- TASK STATEMENT
Lines below that include "store" are the answer; copy each one.

- DATA

▼▼▼

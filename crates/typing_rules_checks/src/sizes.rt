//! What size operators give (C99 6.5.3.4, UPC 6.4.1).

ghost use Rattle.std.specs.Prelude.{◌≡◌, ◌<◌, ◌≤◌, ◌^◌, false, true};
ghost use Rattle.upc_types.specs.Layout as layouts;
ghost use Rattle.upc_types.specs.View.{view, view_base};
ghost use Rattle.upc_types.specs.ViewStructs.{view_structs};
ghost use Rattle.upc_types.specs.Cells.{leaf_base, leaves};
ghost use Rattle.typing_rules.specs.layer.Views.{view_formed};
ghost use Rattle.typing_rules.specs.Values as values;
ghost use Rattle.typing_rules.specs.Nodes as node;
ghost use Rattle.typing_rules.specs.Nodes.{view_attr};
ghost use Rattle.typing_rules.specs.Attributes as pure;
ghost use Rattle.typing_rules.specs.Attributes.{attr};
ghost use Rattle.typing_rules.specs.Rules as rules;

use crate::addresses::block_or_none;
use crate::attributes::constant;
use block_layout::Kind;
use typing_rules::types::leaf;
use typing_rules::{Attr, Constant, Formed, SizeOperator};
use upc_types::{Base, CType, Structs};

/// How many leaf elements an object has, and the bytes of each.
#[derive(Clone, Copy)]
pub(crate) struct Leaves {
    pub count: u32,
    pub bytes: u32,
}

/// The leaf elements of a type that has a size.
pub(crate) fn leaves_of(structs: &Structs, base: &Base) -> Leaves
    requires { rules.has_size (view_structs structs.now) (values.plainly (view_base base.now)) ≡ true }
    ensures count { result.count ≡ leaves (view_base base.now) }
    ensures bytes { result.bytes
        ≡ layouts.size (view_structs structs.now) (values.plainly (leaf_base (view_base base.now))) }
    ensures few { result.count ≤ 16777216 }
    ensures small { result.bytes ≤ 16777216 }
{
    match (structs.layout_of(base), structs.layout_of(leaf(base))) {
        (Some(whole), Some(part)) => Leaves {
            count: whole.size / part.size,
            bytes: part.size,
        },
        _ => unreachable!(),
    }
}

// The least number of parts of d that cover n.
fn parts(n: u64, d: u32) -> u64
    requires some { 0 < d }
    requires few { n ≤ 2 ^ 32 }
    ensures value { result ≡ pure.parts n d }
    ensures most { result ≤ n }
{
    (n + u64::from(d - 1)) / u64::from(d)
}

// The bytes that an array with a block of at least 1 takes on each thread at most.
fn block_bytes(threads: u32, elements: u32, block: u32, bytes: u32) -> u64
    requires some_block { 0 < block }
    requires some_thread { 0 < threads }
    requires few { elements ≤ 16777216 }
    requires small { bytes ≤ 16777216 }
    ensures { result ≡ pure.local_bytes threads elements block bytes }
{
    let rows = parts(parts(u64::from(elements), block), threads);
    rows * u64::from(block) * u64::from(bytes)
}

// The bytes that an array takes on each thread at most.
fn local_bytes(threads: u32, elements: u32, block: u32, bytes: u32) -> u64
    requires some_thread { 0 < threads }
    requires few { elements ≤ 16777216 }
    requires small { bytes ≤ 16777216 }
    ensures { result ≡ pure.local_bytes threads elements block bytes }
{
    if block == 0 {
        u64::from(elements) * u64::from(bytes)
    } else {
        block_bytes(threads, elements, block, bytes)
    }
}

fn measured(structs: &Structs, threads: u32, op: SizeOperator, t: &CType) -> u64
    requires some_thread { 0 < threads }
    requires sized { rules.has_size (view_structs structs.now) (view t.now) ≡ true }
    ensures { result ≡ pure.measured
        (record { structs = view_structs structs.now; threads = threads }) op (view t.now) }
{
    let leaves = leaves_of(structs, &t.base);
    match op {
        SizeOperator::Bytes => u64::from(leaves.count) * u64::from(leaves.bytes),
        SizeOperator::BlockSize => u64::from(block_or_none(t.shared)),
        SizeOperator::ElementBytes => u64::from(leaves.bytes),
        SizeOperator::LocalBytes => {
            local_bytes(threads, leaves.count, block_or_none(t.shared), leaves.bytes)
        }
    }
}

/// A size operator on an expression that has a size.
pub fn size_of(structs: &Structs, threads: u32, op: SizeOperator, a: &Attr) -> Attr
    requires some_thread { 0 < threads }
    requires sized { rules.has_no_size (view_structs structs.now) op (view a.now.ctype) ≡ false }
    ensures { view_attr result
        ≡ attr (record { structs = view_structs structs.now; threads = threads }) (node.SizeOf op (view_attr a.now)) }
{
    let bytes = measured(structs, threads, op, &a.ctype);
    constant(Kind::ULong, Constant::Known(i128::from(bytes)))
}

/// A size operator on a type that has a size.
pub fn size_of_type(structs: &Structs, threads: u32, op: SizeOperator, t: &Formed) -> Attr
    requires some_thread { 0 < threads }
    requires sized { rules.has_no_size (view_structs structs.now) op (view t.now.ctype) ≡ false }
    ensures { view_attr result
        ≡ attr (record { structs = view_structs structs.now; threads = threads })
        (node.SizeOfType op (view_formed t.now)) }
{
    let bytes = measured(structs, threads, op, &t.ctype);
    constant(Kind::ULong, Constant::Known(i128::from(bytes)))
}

▲▲▲
▼▼▼

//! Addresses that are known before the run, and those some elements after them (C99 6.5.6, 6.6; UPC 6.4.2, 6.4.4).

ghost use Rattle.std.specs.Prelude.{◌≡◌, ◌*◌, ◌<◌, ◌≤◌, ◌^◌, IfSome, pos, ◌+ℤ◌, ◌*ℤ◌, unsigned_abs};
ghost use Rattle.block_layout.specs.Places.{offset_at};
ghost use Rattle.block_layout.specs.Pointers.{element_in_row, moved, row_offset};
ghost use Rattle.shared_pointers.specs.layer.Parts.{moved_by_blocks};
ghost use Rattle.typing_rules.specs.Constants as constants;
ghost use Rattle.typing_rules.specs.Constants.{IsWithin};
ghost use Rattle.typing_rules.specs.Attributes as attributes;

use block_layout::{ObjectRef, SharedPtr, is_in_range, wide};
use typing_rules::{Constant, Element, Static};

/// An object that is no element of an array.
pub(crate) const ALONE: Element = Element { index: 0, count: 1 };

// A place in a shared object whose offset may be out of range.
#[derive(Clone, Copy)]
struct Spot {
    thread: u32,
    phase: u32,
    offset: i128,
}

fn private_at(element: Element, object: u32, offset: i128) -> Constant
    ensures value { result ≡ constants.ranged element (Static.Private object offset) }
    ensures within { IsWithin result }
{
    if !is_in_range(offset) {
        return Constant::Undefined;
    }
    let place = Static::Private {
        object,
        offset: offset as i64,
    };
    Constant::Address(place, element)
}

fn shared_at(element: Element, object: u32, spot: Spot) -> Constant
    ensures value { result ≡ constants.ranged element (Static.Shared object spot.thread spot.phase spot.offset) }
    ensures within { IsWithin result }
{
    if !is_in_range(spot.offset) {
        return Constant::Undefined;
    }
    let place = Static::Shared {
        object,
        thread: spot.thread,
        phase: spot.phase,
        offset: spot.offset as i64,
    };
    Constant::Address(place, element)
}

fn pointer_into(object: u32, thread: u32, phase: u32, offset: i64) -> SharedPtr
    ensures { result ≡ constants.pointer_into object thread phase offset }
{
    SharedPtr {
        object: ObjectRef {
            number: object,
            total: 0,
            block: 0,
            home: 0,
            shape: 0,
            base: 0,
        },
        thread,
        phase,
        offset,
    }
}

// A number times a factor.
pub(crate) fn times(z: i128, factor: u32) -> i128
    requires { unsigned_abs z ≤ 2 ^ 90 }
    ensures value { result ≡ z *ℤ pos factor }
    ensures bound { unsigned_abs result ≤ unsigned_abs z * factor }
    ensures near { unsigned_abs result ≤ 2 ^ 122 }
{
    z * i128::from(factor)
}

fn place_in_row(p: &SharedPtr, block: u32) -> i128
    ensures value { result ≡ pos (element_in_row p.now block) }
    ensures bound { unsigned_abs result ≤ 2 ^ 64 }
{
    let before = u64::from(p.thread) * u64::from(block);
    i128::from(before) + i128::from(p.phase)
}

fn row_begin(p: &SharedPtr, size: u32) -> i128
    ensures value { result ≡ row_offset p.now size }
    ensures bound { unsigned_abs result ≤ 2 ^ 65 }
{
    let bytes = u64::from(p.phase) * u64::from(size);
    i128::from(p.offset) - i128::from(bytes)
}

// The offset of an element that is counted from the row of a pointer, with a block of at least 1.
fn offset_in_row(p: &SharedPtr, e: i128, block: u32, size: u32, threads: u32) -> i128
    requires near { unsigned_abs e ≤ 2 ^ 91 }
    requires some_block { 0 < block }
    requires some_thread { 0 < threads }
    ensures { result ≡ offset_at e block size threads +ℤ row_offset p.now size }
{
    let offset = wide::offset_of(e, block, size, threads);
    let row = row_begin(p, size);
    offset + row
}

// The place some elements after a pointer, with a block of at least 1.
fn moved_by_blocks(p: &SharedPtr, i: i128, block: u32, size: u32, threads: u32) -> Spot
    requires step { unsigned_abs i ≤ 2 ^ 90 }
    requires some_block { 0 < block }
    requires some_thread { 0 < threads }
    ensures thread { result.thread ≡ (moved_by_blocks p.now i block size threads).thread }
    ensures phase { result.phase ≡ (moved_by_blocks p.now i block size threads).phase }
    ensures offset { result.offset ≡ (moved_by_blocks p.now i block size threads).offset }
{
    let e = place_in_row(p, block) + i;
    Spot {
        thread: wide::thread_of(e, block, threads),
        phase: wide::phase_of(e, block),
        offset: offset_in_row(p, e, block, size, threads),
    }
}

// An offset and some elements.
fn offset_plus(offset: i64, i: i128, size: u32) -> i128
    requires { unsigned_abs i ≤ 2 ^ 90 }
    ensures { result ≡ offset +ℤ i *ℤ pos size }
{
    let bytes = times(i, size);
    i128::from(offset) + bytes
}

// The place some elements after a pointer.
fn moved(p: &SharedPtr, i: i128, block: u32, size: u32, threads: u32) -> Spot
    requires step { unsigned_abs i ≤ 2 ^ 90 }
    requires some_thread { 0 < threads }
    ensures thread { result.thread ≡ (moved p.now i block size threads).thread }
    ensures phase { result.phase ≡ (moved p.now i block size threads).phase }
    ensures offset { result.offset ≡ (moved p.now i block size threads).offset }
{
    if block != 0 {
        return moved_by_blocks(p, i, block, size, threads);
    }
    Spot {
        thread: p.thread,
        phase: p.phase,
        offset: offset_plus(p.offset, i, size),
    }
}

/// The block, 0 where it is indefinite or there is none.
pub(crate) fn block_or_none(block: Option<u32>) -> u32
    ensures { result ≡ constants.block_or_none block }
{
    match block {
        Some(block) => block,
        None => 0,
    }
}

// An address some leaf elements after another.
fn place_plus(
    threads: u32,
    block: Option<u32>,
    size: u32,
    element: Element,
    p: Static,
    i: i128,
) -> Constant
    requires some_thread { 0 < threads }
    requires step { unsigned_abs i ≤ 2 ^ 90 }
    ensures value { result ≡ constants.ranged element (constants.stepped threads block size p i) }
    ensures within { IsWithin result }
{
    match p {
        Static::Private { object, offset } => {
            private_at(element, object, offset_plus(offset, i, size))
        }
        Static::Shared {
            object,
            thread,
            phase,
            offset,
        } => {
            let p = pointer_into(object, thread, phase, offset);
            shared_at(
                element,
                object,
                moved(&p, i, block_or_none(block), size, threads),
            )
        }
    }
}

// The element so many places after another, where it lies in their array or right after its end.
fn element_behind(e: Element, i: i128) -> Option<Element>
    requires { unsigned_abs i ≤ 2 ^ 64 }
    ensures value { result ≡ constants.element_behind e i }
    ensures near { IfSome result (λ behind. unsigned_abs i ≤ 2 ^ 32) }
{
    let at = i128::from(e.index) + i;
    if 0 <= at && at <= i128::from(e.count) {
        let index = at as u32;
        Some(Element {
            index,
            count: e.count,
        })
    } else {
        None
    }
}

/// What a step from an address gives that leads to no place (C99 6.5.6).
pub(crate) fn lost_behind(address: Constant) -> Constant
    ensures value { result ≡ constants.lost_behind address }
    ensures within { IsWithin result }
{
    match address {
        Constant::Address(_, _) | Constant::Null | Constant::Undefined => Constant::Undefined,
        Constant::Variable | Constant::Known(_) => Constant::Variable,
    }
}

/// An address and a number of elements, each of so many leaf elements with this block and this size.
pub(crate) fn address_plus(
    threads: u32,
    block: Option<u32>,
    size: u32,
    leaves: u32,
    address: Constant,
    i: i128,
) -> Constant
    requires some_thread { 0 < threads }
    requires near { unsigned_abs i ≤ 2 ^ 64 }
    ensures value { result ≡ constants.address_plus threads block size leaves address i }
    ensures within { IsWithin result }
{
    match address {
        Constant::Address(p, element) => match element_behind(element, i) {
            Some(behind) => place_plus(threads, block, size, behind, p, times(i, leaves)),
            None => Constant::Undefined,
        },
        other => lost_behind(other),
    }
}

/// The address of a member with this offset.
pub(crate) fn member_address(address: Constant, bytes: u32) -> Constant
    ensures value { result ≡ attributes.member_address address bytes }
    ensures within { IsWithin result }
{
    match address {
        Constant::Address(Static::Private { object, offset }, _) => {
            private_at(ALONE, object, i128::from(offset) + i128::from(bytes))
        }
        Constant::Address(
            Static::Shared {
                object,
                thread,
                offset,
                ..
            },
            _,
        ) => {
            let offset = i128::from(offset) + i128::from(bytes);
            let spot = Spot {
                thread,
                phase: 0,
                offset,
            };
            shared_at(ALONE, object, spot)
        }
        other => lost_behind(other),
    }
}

▲▲▲
▼▼▼

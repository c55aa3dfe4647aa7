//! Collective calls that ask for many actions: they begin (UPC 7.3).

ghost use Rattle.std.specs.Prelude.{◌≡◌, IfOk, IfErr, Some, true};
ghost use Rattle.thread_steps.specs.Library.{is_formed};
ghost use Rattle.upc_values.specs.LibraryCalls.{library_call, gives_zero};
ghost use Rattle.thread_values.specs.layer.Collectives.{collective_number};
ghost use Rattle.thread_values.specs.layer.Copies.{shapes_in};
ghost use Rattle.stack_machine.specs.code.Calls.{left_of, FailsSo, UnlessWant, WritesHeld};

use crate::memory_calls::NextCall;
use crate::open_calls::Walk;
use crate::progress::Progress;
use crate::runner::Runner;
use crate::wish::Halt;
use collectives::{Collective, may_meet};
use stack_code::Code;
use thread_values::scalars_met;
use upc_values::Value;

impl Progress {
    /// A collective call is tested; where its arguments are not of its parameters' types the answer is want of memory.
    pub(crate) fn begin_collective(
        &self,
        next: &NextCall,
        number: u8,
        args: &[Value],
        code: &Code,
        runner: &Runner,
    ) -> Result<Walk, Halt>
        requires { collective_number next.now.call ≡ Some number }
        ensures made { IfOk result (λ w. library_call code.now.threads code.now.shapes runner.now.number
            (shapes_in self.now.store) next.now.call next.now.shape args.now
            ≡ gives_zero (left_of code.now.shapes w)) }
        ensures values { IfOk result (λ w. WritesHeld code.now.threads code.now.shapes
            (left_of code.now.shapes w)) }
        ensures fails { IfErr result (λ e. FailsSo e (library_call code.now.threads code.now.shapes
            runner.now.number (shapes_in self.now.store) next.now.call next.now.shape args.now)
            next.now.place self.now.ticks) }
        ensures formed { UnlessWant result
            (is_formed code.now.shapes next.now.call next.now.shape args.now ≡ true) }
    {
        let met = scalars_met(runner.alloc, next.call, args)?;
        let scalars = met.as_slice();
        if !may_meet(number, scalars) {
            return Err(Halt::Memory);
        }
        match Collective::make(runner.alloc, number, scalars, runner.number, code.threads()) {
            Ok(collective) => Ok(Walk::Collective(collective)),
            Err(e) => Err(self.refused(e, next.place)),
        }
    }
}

▲▲▲

- RESPONSE
            (shapes_in self.now.store) next.now.call next.now.shape args.now
            runner.now.number (shapes_in self.now.store) next.now.call next.now.shape args.now)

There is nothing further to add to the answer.